Looks good. On a side note, I really hate the Front Five reference (no offense). It's as though they are trying to say that those trails are somehow in the same category as Stowe's Front Four.

Sent from my DROID RAZR using AlpineZone mobile app


----------



## Puck it (Jan 24, 2013)

MadMadWorld said:


> Looks good. On a side note, I really hate the Front Five reference (no offense). It's as though they are trying to say that those trails are somehow in the same category as Stowe's Front Four.
> 
> Sent from my DROID RAZR using AlpineZone mobile app


  They have been called that as long as I remember.


----------



## AdironRider (Jan 24, 2013)

MadMadWorld said:


> Looks good. On a side note, I really hate the Front Five reference (no offense). It's as though they are trying to say that those trails are somehow in the same category as Stowe's Front Four.
> 
> Sent from my DROID RAZR using AlpineZone mobile app



You sure get riled up easy.


----------



## Smellytele (Jan 24, 2013)

Also it is more accurate than the front four where there are way more than 4 trails on that part of the mountain.


----------



## Puck it (Jan 24, 2013)

Smellytele said:


> Also it is more accurate than the front four where there are way more than 4 trails on that part of the mountain.

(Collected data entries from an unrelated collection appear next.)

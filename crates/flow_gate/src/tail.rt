// What a scan gives, and why it refuses.
use flow_refusals::ReadRefusal;

/// The messages of a gated list.
#[derive(Drop)]
pub struct Tail {
    /// The place of the closed gate after them, in octets from the file's start.
    pub end: u64,
    /// Each message's octets, in order.
    pub messages: Vec<Vec<u8>>,
}

/// Why a scan gives no list. Damaged: in this file, at this place, there is neither a closed gate nor a message that
/// fits with 2 octets after it.
pub type ScanError = ReadRefusal;

/// What is at a place.
pub(crate) enum Found {
    /// A closed gate.
    Closed,
    /// A message of this many octets, with 2 octets after it.
    Message(usize),
    /// Neither.
    Damage,
}
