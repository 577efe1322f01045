// A batch of messages is added to a list.
ghost use Rattle.std.specs.Prelude.{◌≡◌, ◌≢◌, ℕ, ◌+◌, ◌≤◌, max, false, true, IsTrue, List, length, OnOk};
ghost use Rattle.std.specs.List.{All};
ghost use Rattle.flow_disk.specs.Disk.{IsImage, InFile};
ghost use Rattle.flow_disk.specs.Calls.{StopsBy, EndsBy, SettlesFile};
ghost use Rattle.flow_gate.specs.Gate.{IsWhole, IsClosedAt, octet_sum, opened};
ghost use Rattle.flow_gate.specs.Steps.{MayAdd, Adds, slices, put_batch};

use crate::gate::{open_gate, place_batch};
use flow_disk::{Disk, DiskError};

/// Adds a batch of messages to the lists that end at the closed gate at `end`: places the batch and opens its gate. It
/// takes no memory. After a fault the file is synced and scanned anew.
pub fn add_batch<D: Disk>(
    disk: &mut D,
    file: u64,
    end: u64,
    messages: &[&[u8]],
) -> Result<(), DiskError>
    requires some { 1 ≤ length messages.now }
    requires few { length messages.now ≤ 64 }
    requires messages { All IsWhole (slices messages.now) }
    requires room { end + 2 ≤ (D.marks disk.old file).size }
    requires thawed { (D.marks disk.old file).frozen ≡ false }
    requires gated { IsTrue (D.honest disk.old) → (image : List ℕ) → IsImage (D.held disk.old file) image
        → IsClosedAt image end }

    // On every disk.
    ensures call { SettlesFile D.Disk disk.old disk.new file
        (max (D.marks disk.old file).size (end + octet_sum (slices messages.now) + 2)) result }

    // On an honest one: what the file reads as, and that each of its images holds the lists of before, with all
    // messages of the batch.
    ensures octets { IsTrue (D.honest disk.old) → OnOk result ((D.held disk.new file).reads
        ≡ opened (put_batch (D.held disk.old file).reads end (slices messages.now)) end) }
    ensures after { EndsBy D.Disk disk.old disk.new result (InFile file (Adds end (slices messages.now))) }

    // A stop at any moment leaves the lists of before, with all messages of the batch or with none.
    ensures any_moment { StopsBy D.Disk disk.old disk.new (InFile file (MayAdd end (slices messages.now))) }
{
    place_batch(disk, file, end, messages)?;
    open_gate(disk, file, end)?;
    Ok(())
}
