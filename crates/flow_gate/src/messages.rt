// Messages in octets, one after the other.
ghost use Rattle.std.specs.Prelude.{ℕ, List, ◌≤◌, length, IfOk, IfSome, IfNone};
ghost use Rattle.flow_gate.specs.Gate.{IsMessageAt, IsRow};
ghost use Rattle.flow_gate.specs.Scan.{texts};

use std::alloc::{AllocError, Global};

/// How many octets a message's header has (RFC 7011, 3.1).
const HEADER: usize = 16;

/// The two octets of the Version field (RFC 7011, 3.1); the second one is the message's gate.
pub(crate) const VERSION: [u8; 2] = [0, 10];

/// How many octets the closed gate after a list has.
pub(crate) const TRAILER: usize = 2;

/// How many octets the message at a place has, if a whole one is there: its Version field, and a Length of at least 16
/// that doesn't pass the end. Nothing after the Length field is looked at.
pub fn message_at(octets: &[u8], at: usize) -> Option<usize>
    ensures found { IfSome result (λ count. IsMessageAt octets.now at count) }
    ensures none { IfNone result ((count : ℕ) → IsMessageAt octets.now at count → ⊥) }
{
    if octets.len() < HEADER || at > octets.len() - HEADER {
        return None;
    }
    if octets[at] != VERSION[0] || octets[at + 1] != VERSION[1] {
        return None;
    }
    let count = octets[at + 2] as usize * 256 + octets[at + 3] as usize;
    if count < HEADER || octets.len() - at < count {
        return None;
    }
    Some(count)
}

/// The messages that fill octets from a place on, to the end, if messages do: a segment's file has no trailer once it
/// is sealed. Answers `AllocError` where a growth of memory was refused.
pub fn messages_from(
    alloc: Global,
    octets: &[u8],
    from: usize,
) -> Result<Option<Vec<Vec<u8>>>, AllocError>
    requires { from ≤ length octets.now }
    ensures found { IfOk result (λ answer. IfSome answer (λ messages. IsRow octets.now from (texts messages.items))) }
    ensures none { IfOk result (λ answer. IfNone answer ((list : List (List ℕ)) → IsRow octets.now from list → ⊥)) }
{
    let mut messages = Vec::new(alloc);
    let mut at = from;
    'messages: loop {
        if at == octets.len() {
            return Ok(Some(messages));
        }
        let Some(count) = message_at(octets, at) else {
            return Ok(None);
        };
        messages.push(octets[at..at + count].to_vec(alloc)?)?;
        at += count;
    }
}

Actually it is more like the Front Six at Cannon (Banshee), but who is counting.  My skis have Banshee on them too.


----------



## MadMadWorld (Jan 24, 2013)

AdironRider said:


> You sure get riled up easy.



I just don't like when a company plagerizes another companies marketing schtick. 

Sent from my DROID RAZR using AlpineZone mobile app


----------



## St. Bear (Jan 24, 2013)

MadMadWorld said:


> I just don't like when a company plagerizes another companies marketing schtick.
> 
> Sent from my DROID RAZR using AlpineZone mobile app



Are you sure it was Cannon that plagerized Stowe?  I don' t know, and maybe Stowe was the first to say "Front #", but Cannon's not exactly some Johnny-Come-Lately on the ski scene.


----------



## Smellytele (Jan 24, 2013)

St. Bear said:


> Are you sure it was Cannon that plagerized Stowe?  I don' t know, and maybe Stowe was the first to say "Front #", but Cannon's not exactly some Johnny-Come-Lately on the ski scene.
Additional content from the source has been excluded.